> Work instructions: Copy out, exactly, the first line of the entries below and every line after it through the one containing "let mut count = 0;".

Dataset entries:
-.-.-
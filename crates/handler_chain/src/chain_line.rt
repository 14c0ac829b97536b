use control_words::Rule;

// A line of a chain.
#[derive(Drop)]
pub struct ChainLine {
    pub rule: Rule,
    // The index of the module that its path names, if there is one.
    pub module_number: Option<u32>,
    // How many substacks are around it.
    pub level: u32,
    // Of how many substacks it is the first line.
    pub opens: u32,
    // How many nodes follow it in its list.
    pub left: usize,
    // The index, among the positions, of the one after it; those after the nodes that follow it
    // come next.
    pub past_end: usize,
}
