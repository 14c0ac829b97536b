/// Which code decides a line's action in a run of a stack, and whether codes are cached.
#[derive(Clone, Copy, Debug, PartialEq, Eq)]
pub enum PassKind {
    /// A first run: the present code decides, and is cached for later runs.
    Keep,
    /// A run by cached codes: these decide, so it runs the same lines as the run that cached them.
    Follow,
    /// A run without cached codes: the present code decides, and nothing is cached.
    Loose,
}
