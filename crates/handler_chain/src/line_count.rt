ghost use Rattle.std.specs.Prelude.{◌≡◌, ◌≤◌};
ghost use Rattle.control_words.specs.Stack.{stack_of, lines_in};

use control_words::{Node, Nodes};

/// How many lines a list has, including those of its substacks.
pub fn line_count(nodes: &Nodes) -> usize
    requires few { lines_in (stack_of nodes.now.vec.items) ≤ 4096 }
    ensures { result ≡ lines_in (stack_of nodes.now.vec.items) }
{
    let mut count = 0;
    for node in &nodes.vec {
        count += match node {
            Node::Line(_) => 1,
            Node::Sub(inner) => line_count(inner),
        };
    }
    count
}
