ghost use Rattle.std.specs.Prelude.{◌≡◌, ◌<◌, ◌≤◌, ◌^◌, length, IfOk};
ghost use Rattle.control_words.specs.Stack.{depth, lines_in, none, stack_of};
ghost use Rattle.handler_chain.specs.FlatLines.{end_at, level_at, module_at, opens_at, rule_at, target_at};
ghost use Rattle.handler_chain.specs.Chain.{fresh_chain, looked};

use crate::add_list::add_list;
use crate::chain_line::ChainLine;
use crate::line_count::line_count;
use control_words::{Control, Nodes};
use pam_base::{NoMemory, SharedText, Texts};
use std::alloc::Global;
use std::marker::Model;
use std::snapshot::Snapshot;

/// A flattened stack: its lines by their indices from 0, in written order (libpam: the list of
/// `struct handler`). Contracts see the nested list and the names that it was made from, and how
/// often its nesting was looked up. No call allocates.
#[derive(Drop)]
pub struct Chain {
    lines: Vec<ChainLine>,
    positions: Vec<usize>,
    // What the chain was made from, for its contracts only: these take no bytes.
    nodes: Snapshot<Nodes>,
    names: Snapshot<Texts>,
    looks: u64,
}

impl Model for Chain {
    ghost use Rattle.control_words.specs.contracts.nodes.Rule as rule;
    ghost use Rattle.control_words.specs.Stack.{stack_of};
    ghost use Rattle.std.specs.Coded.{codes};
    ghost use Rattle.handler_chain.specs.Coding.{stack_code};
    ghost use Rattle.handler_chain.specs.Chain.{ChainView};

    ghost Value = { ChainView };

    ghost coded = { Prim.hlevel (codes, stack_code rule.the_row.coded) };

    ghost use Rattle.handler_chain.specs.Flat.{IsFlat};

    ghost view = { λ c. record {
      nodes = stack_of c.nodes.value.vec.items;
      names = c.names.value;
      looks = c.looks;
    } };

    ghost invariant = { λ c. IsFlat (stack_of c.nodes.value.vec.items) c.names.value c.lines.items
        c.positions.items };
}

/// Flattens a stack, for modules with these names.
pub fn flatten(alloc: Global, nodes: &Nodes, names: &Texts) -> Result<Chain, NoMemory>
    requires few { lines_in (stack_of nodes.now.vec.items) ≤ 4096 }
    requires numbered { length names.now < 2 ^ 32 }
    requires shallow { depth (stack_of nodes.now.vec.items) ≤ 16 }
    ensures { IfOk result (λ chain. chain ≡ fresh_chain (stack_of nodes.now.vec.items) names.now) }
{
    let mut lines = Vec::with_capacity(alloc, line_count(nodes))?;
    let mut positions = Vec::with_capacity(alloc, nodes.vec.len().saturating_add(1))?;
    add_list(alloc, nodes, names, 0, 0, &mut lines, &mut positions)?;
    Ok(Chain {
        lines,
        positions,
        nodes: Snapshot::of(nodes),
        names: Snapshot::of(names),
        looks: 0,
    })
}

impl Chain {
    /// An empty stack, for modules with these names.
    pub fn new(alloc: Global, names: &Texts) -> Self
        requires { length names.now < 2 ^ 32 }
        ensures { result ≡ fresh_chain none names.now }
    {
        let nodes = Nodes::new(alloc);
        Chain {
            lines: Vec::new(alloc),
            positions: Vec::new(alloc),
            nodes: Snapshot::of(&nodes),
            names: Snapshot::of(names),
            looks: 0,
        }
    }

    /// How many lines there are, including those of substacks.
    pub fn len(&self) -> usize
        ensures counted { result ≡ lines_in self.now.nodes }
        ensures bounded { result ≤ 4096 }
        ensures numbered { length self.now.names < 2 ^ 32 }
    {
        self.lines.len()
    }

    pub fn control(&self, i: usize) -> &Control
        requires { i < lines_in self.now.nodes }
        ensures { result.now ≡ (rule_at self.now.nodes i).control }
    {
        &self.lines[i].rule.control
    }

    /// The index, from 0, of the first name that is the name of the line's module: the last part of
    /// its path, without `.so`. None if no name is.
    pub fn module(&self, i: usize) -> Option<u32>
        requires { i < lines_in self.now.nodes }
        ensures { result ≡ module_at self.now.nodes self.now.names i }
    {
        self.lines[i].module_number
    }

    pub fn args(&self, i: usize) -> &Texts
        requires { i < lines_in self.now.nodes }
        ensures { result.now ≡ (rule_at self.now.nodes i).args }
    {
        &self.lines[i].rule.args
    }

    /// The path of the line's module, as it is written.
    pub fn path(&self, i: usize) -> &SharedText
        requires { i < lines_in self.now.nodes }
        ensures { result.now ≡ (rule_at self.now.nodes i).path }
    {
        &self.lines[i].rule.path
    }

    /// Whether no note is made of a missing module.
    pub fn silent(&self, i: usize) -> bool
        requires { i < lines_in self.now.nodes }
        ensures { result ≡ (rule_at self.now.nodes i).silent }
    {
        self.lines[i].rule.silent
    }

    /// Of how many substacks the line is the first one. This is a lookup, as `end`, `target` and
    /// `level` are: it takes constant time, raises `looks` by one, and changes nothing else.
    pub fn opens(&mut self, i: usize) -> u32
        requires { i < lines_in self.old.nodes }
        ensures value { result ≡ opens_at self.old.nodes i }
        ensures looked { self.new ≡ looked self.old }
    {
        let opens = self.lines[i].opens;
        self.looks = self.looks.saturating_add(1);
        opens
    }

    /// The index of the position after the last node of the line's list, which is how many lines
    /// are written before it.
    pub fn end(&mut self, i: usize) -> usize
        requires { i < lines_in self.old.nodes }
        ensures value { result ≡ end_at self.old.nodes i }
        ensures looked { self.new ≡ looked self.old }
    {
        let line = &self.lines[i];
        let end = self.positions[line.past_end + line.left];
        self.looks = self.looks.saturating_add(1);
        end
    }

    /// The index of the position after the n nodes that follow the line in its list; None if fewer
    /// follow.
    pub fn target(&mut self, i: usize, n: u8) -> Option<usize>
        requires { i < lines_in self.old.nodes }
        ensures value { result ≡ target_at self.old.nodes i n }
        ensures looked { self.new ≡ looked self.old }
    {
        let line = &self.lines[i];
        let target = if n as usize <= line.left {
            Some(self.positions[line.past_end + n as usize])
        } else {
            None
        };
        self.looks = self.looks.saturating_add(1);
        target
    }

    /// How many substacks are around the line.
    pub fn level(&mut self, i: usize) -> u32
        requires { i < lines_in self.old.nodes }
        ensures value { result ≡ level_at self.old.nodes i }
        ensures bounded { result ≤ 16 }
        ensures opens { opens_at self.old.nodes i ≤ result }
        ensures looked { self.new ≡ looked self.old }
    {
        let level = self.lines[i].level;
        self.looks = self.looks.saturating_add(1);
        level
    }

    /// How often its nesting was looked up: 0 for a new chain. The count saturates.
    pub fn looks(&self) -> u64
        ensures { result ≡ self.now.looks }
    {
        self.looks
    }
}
-.-.-
> Reply:
filename crates/handler_chain/src/chain_line.rt
repository 14c0ac829b97536b
use control_words::Rule;

// A line of a chain.
#[derive(Drop)]
pub struct ChainLine {
    pub rule: Rule,
    // The index of the module that its path names, if there is one.
    pub module_number: Option<u32>,
    // How many substacks are around it.
    pub level: u32,
    // Of how many substacks it is the first line.
    pub opens: u32,
    // How many nodes follow it in its list.
    pub left: usize,
    // The index, among the positions, of the one after it; those after the nodes that follow it
    // come next.
    pub past_end: usize,
}
repository 14c0ac829b97536b
/// Which code decides a line's action in a run of a stack, and whether codes are cached.
#[derive(Clone, Copy, Debug, PartialEq, Eq)]
pub enum PassKind {
    /// A first run: the present code decides, and is cached for later runs.
    Keep,
    /// A run by cached codes: these decide, so it runs the same lines as the run that cached them.
    Follow,
    /// A run without cached codes: the present code decides, and nothing is cached.
    Loose,
}
filename crates/handler_chain/src/line_count.rt
ghost use Rattle.std.specs.Prelude.{◌≡◌, ◌≤◌};
ghost use Rattle.control_words.specs.Stack.{stack_of, lines_in};

use control_words::{Node, Nodes};

/// How many lines a list has, including those of its substacks.
pub fn line_count(nodes: &Nodes) -> usize
    requires few { lines_in (stack_of nodes.now.vec.items) ≤ 4096 }
    ensures { result ≡ lines_in (stack_of nodes.now.vec.items) }
{
    let mut count = 0;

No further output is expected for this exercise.